This article was published on August 13, 2019

The Trump administration drafted an executive order to censor the internet

The Trump administration drafted an executive order to censor the internet

CNN has obtained a draft of an executive order that could potentially censor huge portions of the internet. In an attempt to stop a perceived “bias” against conservatives, Trump’s plan attempts to strip certain protections from companies like Facebook and Twitter, particularly those protected under Section 230 of the Communications Decency Act (CDA).

Although it’s still in its early stages, and subject to change, the details it contains are a paradox that involve fighting censorship with more censorship.

Part of the Telecommunications Act of 1996, the CDA sought to regulate pornographic material on the internet. Section 230, also known as Title V, was not part of the original bill. It was later added in an attempt to protect service providers from the actions of their users.

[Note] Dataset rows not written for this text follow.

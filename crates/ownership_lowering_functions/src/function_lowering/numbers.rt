//! The new numbers of values: that of the value for which each stands.

ghost use Rattle.std.specs.Prelude.{◌≡◌, IfOk};
ghost use Rattle.sil_ast.specs.declared.place.ValueId.{ValueId};
ghost use Rattle.ownership_lowering_model.specs.Names.{stands_for};
ghost use Rattle.ownership_kinds_chains.specs.OwnershipChains.Chains.{HasNoRing, IsInRange};
ghost use Rattle.ownership_lowering_functions.specs.ValueRenumbering.inner.NewNumbers.{number_in, place_in};

use crate::function_lowering::names::all_standings;
use crate::value_renumbering::{NewNumbers, Places};
use ownership_kinds_chains::Definition;
use sil_ast::{Exhausted, List};
use std::alloc::Global;

/// The new numbers of all values, by those of the values that have names of their own. Fails where memory runs out.
pub(crate) fn numbers_of_names(
    alloc: Global,
    renamings: &[Definition],
    places: Places,
) -> Result<NewNumbers, Exhausted>
    requires range { IsInRange renamings.now }
    requires ends { HasNoRing renamings.now }
    ensures { IfOk result (λ table. (v : ValueId) → number_in table v ≡ place_in places (stands_for renamings.now v)) }
{
    let names = List::from_vec(all_standings(alloc, renamings)?);
    Ok(NewNumbers { names, places })
}
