//! The one call: a module in, an accepted module with its table out, or why it isn't accepted.

ghost use Rattle.std.specs.Prelude.{◌≡◌, IfErr, IfOk, OnOk};
ghost use Rattle.numbered_form.specs.inner.NumberedForm.{IsNumbered};
ghost use Rattle.sil_verifier.specs.inner.Ends.{IsVerifyEnd};
ghost use Rattle.sil_verifier_accepted.specs.AcceptedModules.Findings.{Accepted};
ghost use Rattle.sil_verifier_accepted.specs.AcceptedModules.Refusals as types;
ghost use Rattle.sil_verifier_accepted.specs.AcceptedModules.Refusals.{HasTypes};
ghost use Rattle.sil_verifier_accepted.specs.AcceptedModules.Values.{IsValueRefusal};
ghost use Rattle.sil_verifier_accepted.specs.declared.accepted_modules.refusals.StaticRefusal.TheVariants as static;
ghost use Rattle.sil_verifier_runs.specs.inner.Laws.{NeverFaults};

use crate::checked::Checked;
use crate::refusal::Refusal;
use crate::reports::{item_refusal, typing_refusal, value_refusal};
use crate::types::check_types;
use crate::values::check_values;
use sil_ast::Module;
use sil_rules::LimitWord;
use sil_verifier_accepted::{StaticRefusal, ValueRefusal};
use sil_verifier_runs::no_outcome_faults;
use std::alloc::Global;
use type_check::TypingFault;

/// Why a module isn't accepted. Each has the module that was handed in.
#[derive(Drop)]
pub enum VerifyEnd {
    /// It breaks a rule.
    Refused { module: Module, refusal: Refusal },
    /// A type exceeds the limit on depth or on leaves.
    Limit { module: Module, what: LimitWord },
    /// There is no memory left.
    Memory { module: Module },
}

/// Checks all rules of a module, in their order: those on items (101 to 104), the limits on types, those on typing (201 to 212),
/// and those on values (301 to 305, 401 to 404, 501 to 505 and 601 to 611).
/// The refusal is the first of all that is wrong: by item, by limit, by function and point, by vtable, and then function by
/// function, by group, by value and by rule; of a rule on walks the walk has the fewest edges.
/// No run by holders of an accepted module ends in a fault ([docs/RUNS.md](../../../docs/RUNS.md)).
pub fn verify(alloc: Global, m: Module) -> Result<Checked, VerifyEnd>
    requires { IsNumbered m }
    ensures ok { IfOk result (λ checked. checked ≡ m) }
    ensures accepted { OnOk result (Accepted m) }
    ensures runs { IfOk result (λ checked. NeverFaults checked) }
    ensures err { IfErr result (IsVerifyEnd m) }
{
    no_outcome_faults();
    let table = match check_types(alloc, &m) {
        Ok(table) => table,
        Err(reason) => return Err(end_of_types(alloc, m, reason)),
    };
    match check_values(alloc, &m, &table) {
        Ok(()) => Ok(Checked::of_verified(m, table)),
        Err(reason) => Err(end_of_values(m, reason)),
    }
}

/// The end with a module of which an item, a type or its typing is wrong.
fn end_of_types(alloc: Global, m: Module, reason: StaticRefusal) -> VerifyEnd
    requires numbered { IsNumbered m }
    requires refusal { types.IsRefusal m reason }
    ensures { IsVerifyEnd m result }
{
    match reason {
        StaticRefusal::Item { rule, item } => VerifyEnd::Refused {
            module: m,
            refusal: item_refusal(alloc, rule, item),
        },
        StaticRefusal::Limit { what } => VerifyEnd::Limit { module: m, what },
        StaticRefusal::Typing { fault } => end_of_typing(alloc, m, fault),
        StaticRefusal::Memory => VerifyEnd::Memory { module: m },
    }
}

fn end_of_typing(alloc: Global, m: Module, fault: TypingFault) -> VerifyEnd
    requires numbered { IsNumbered m }
    requires refusal { types.IsRefusal m (static.Typing fault) }
    ensures { IsVerifyEnd m result }
{
    match typing_refusal(alloc, &m, fault) {
        Some(refusal) => VerifyEnd::Refused { module: m, refusal },
        None => VerifyEnd::Memory { module: m },
    }
}

/// The end with a typed module of which a value is wrong.
fn end_of_values(m: Module, reason: ValueRefusal) -> VerifyEnd
    requires types { HasTypes m }
    requires refusal { IsValueRefusal m reason }
    ensures { IsVerifyEnd m result }
{
    match reason {
        ValueRefusal::Rule { function, fault } => VerifyEnd::Refused {
            module: m,
            refusal: value_refusal(function, fault),
        },
        ValueRefusal::Memory => VerifyEnd::Memory { module: m },
    }
}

Facebook, for example, isn’t breaking the law if a user uploads sexual material featuring a minor. It could, however, be in hot water if it was later proven that Facebook knew the piece of content existed and did nothing to remove it. Policing billions of users is all but impossible, after all.

Trump’s administration sought to strip some of these protections by calling on the Federal Communications Commission (FCC) to change how the rule is interpreted. As it stands, Trump’s plan is for the FCC and The Federal Trade Commission (FTC) to draft a new interpretation of Section 230 that cracks down on politically biased moderation.

The FCC is meant to interpret Section 230 with language declaring “anticompetitive, unfair, or deceptive practices” violate the definition of “good faith” outlined in the CDA. Social media networks that “remove or suppress” content without notifying users are in violation of this agreement. The FTC, on the other hand, is seemingly involved as the agency responsible for collecting consumer complaints when social media networks run afoul of the new interpretation.

This, however, opens up an entirely new problem. Conservatives have alleged for years that social media bias exists, and that it’s silencing their opinions, banning their users, and violating their First Amendment rights. There’s little in the way of evidence that this type of bias exists. The conservatives banned from Twitter, for example, were given an explanation that typically points to a breach of its terms of service — inciting violence or targeted harassment seem to be the most common reasons given.

On Facebook, the social media network largely responsible for Trump’s ascent in 2016, the truth is that fake news stories with a conservative slant outranked those circulated by liberals — they even outranked factual stories. Facebook and Twitter both had significant influence in Trump’s 2016 win.

So if you’re looking for a “why,’ we can’t help you. Maybe it’s an attempt to rally a base that is becoming increasingly detached from reality. Or, maybe Trump actually seeks change as the desired outcome. Either way, this isn’t something he can do on his own. The President has little power to change an existing law.

The order, titled “Protecting Americans from Online Censorship” is merely a framework. It’s likely to be one of many, and it’s doubtful the final version will contain this type of language (if there is a final version). But if it comes to be, the order would certainly need to clarify the language within — it’s unnecessarily broad downright confusing, at times.

Any order pushing for political neutrality, however, is sure to raise questions of constitutionality. Enforcing a change that would amount to making the internet politically neutral would certainly infringe on users’ First Amendment rights. It’s quite likely the order would be viewed as political overreach, thus ensuring a lengthy process of litigation.

Knowing this, it seems certain that the move is one that merely seeks to rally a base that feels as if it’s without a voice.

The White House, FCC, and FTC didn’t immediately respond to our request for comment.